Джек улыбнулся, глядя на свои руки.

— Нет. Я все еще чувствую себя неловко из-за того, что стою на коленях, даже когда я один. В прошлом месяце — в апреле — Рэнди велел мне сделать Четвертый шаг. Я должен был сделать моральную инвентаризацию — «глубоко и бесстрашно» оценить себя и свою жизнь с нравственной точки зрения.

— И вы это сделали?

— Да. Рэнди сказал, что я должен был записать все плохое, а потом перевернуть страницу и перечислить все хорошее. У меня ушло десять минут на то, чтобы разобраться с плохими вещами. И больше часа на хорошие вещи. Когда я рассказал об этом Рэнди, он сказал, что это нормально. «Ты пил почти тридцать лет, — сказал он. — Это наносит много ран на представление человека о самом себе.

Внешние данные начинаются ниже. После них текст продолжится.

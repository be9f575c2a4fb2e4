//! The report of a type.

ghost use Rattle.std.specs.Prelude.{◌≡◌, ◌∷◌, [], IfOk, IfErr};

use stabby_layout::{AllocationError, Described, FieldReport, Text, TypeReport};
use std::alloc::Global;

// The report of a field of type `T`.
fn field<T: Described>(alloc: Global, name: &str) -> Result<FieldReport, AllocationError>
    ensures ok { IfOk result (λ field. field ≡ record { name = name.now; id = T.stated_id; layout = T.stated_layout }) }
    ensures memory { IfErr result (λ error. error ≡ AllocationError.Memory) }
{
    Ok(FieldReport {
        name: Text::from_str(alloc, name)?,
        id: T::id(),
        layout: T::layout(),
    })
}

/// The report of a type of this name with two fields, the first of type `A` and the second of type `B`.
///
/// # Errors
/// `Memory`, where the report finds none.
pub fn pair_report<A: Described, B: Described>(
    alloc: Global,
    name: &str,
    first: &str,
    second: &str,
) -> Result<TypeReport, AllocationError>
    ensures name { IfOk result (λ report. report.name ≡ name.now) }
    ensures fields { IfOk result (λ report. report.fields
        ≡ record { name = first.now; id = A.stated_id; layout = A.stated_layout }
        ∷ record { name = second.now; id = B.stated_id; layout = B.stated_layout } ∷ []) }
    ensures memory { IfErr result (λ error. error ≡ AllocationError.Memory) }
{
    let mut fields = Vec::new(alloc);
    fields.push(field::<A>(alloc, first)?)?;
    fields.push(field::<B>(alloc, second)?)?;
    Ok(TypeReport::new(Text::from_str(alloc, name)?, fields))
}
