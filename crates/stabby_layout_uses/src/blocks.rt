//! The layout of a block.

ghost use Rattle.std.specs.Prelude.{◌≡◌, ◌<◌, ◌↔◌, IfOk, IsErrOf};
ghost use Rattle.stabby_layout.specs.Layouts.{joined, repeated};
ghost use Rattle.stabby_layout.specs.declared.error.AllocationError.TheVariants.{Range};

use stabby_layout::{AllocationError, Described, Layout, laws};

/// The layout of a block that begins with a count, a `u64`, and has this many items behind it.
///
/// # Errors
/// `Range`, exactly where the block would have more than `usize::MAX` bytes.
pub fn counted_items<T: Described>(count: usize) -> Result<Layout, AllocationError>
    ensures ok { IfOk result (λ layout. layout ≡ joined (record { size = 8; align = 8 })
        (repeated T.stated_layout count)) }
    ensures range { IsErrOf result Range ↔ (usize.MAX < (joined (record { size = 8; align = 8 })
        (repeated T.stated_layout count)).size) }
{
    laws::next_multiple_is_least();
    let items = Layout::array::<T>(count)?;
    Layout::of::<u64>().concat(items)
}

Но если ты останешься трезвым, они заживут». А потом он велел мне сжечь эти страницы. Он сказал, что это поможет мне почувствовать себя лучше.

— Неужели такое возможно?

— Как ни странно, так оно и произошло. Во всяком случае, это подводит нас к новой просьбе Рэнди.

— Полагаю, это скорее требование, — сказал Джеймисон, слегка улыбнувшись. Он сложил газету и отложил ее в сторону.

Джек тоже улыбнулся.

— Я думаю, вы правильно улавливаете динамику общения наставник-ученик. Рэнди сказал мне, что пора делать Пятый шаг.

— Что именно?

— «Признайте перед Богом, перед самим собой и перед другим человеком истинную природу своих ошибок», — сказал Джек, делая пальцами кавычки. — Я сказал ему, что хорошо, я составлю список и прочту ему. При этом Бог может слушать мою исповедь. Таким образом, убью одним выстрелом двух зайцев.

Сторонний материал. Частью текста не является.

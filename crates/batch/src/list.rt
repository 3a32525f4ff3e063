// The calls of a session, gathered one behind the other as replay takes them: eight numbers each, datagrams, waiting numbers.
ghost use Rattle.std.specs.Prelude.{◌≡◌, ◌+◌, ◌≤◌, length, IfOk, OnOk, OnErr};

use encoding::lent::Asked;
use encoding::words::{taken_by, words_at};

// The most calls of a session, and their numbers. The other rooms are enough for so many that begin, pass, arrive and take in turn.
pub const CALLS: usize = 1024;

pub const WORDS: usize = 8192;

// Octets of datagrams.
pub const OCTETS: usize = 524288;

// Waiting numbers: eight calls with the most of them.
pub const NUMBERS: usize = 65544;

// So many calls with their numbers, and what they take of datagrams and waiting numbers, at the front of the rooms.
#[derive(Clone, Copy)]
pub struct List {
    pub calls: usize,
    pub words: [u64; WORDS],
    pub octets: [u8; OCTETS],
    pub numbers: [u32; NUMBERS],
    taken_octets: usize,
    taken_numbers: usize,
    pub ghost calls_within: { calls ≤ 1024 },
    pub ghost octets_within: { taken_octets ≤ 524288 },
    pub ghost numbers_within: { taken_numbers ≤ 65544 },
}

// A call has no room behind the others.
#[derive(Clone, Copy, Debug, PartialEq, Eq)]
pub struct NoRoom;

// Puts the first n of `from` behind the first `at` of `to`; where they end then.
fn append<T: Copy>(to: &mut [T], at: usize, from: &[T], n: usize) -> Result<usize, NoRoom>
    requires { at ≤ length to.old }
    ensures { IfOk result (λ end. (end ≡ at + n) × (end ≤ length to.new)) }
{
    let front = from.get(..n).ok_or(NoRoom)?;
    let room = to[at..].get_mut(..n).ok_or(NoRoom)?;
    room.copy_from_slice(front);
    Ok(at + n)
}

impl List {
    pub fn new() -> List
        ensures { result.calls ≡ 0 }
    {
        List {
            calls: 0,
            words: [0; WORDS],
            octets: [0; OCTETS],
            numbers: [0; NUMBERS],
            taken_octets: 0,
            taken_numbers: 0,
        }
    }

    // A session was just opened.
    pub fn clear(&mut self)
        ensures { self.new.calls ≡ 0 }
    {
        self.calls = 0;
        self.taken_octets = 0;
        self.taken_numbers = 0;
    }

    // A call more, with what it takes of its datagram and its waiting numbers.
    pub fn add(&mut self, asked: &Asked) -> Result<(), NoRoom>
        ensures added { OnOk result (self.new.calls ≡ self.old.calls + 1) }
        ensures full { OnErr result (self.new.calls ≡ self.old.calls) }
    {
        let need = taken_by(words_at(&asked.call, 0));
        append(&mut self.words, 8 * self.calls, &asked.call, 8)?;
        let octets = append(
            &mut self.octets,
            self.taken_octets,
            &asked.octets,
            need.octets,
        )?;
        let numbers = append(
            &mut self.numbers,
            self.taken_numbers,
            &asked.numbers,
            need.numbers,
        )?;
        self.calls += 1;
        self.taken_octets = octets;
        self.taken_numbers = numbers;
        Ok(())
    }
}
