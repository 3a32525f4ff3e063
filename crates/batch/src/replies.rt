// The answers of a session's calls, as lines of text.
ghost use Rattle.std.specs.Prelude.{◌<◌};

use super::list::{List, WORDS};
use console::output::Output;
use encoding::words::{taken_by, words_at};
use telling::answer;

// Octets of packet buffers, and f32 of Takes.
pub const PACKETS: usize = 2097152;

pub const PLACES: usize = 131072;

// What the calls of a list give, one behind the other: eight numbers of an answer each, packets and samples.
#[derive(Drop)]
pub struct Answers {
    pub words: [u64; WORDS],
    pub packets: [u8; PACKETS],
    pub places: [f32; PLACES],
}

impl Answers {
    pub fn new() -> Answers {
        Answers {
            words: [0; WORDS],
            packets: [0; PACKETS],
            places: [0.0; PLACES],
        }
    }
}

// The numbers of the i-th call, or of its answer.
pub(crate) fn eight_at(words: &[u64; WORDS], i: usize) -> [u64; 8]
    requires { i < 1024 }
{
    let mut own = [0; 8];
    own.copy_from_slice(&words[8 * i..8 * i + 8]);
    own
}

// What is left of a buffer behind what a call took of it.
pub(crate) fn behind<T>(room: &[T], taken: usize) -> &[T] {
    room.get(taken..).unwrap_or(&[])
}

// Those of the calls of a list, to the output.
pub fn tell(list: &List, answers: &Answers, out: &mut Output) {
    let mut packets = &answers.packets[..];
    let mut places = &answers.places[..];
    for i in 0..list.calls {
        let call = words_at(&list.words, 8 * i);
        let taken = taken_by(call);
        let answer = eight_at(&answers.words, i);
        answer::tell(out, call.kind, &answer, packets, places);
        packets = behind(packets, taken.packets);
        places = behind(places, taken.places);
    }
}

— Мне кажется, он сказал Нет.

— Он сказал Нет. Он велел мне подойти к совершенно незнакомому человеку. Его первым предложением был дьяк или пастор, но моя нога не ступала в церковь с тех пор, как мне исполнилось двенадцать, и у меня не было ни малейшего желания туда возвращаться. Во что бы я ни поверил — а я еще не знаю, во что именно, — мне не нужно сидеть на церковной скамье, чтобы помочь с завязкой.

Джеймисон, сам не ходивший в церковь, понимающе кивнул.

— Тогда подойди к кому-нибудь на Вашингтон-Сквер или в Центральном парке и попроси его выслушать твой список ошибок. Предложи несколько баксов, чтобы подсластить сделку, если понадобиться. Продолжай просить, пока кто-нибудь не согласится выслушать. — Он сказал, что самое трудное — это просить, и он был прав.

— Я… — «Ваша первая жертва» — выражение, которое сразу же пришло ему в голову, но Джеймисон решил, что это не совсем справедливо. — Я первый человек, к которому вы обратились?

— Второй. — Джек ухмыльнулся. — Вчера я попытался достучаться до водителя такси, но он велел мне убираться прочь.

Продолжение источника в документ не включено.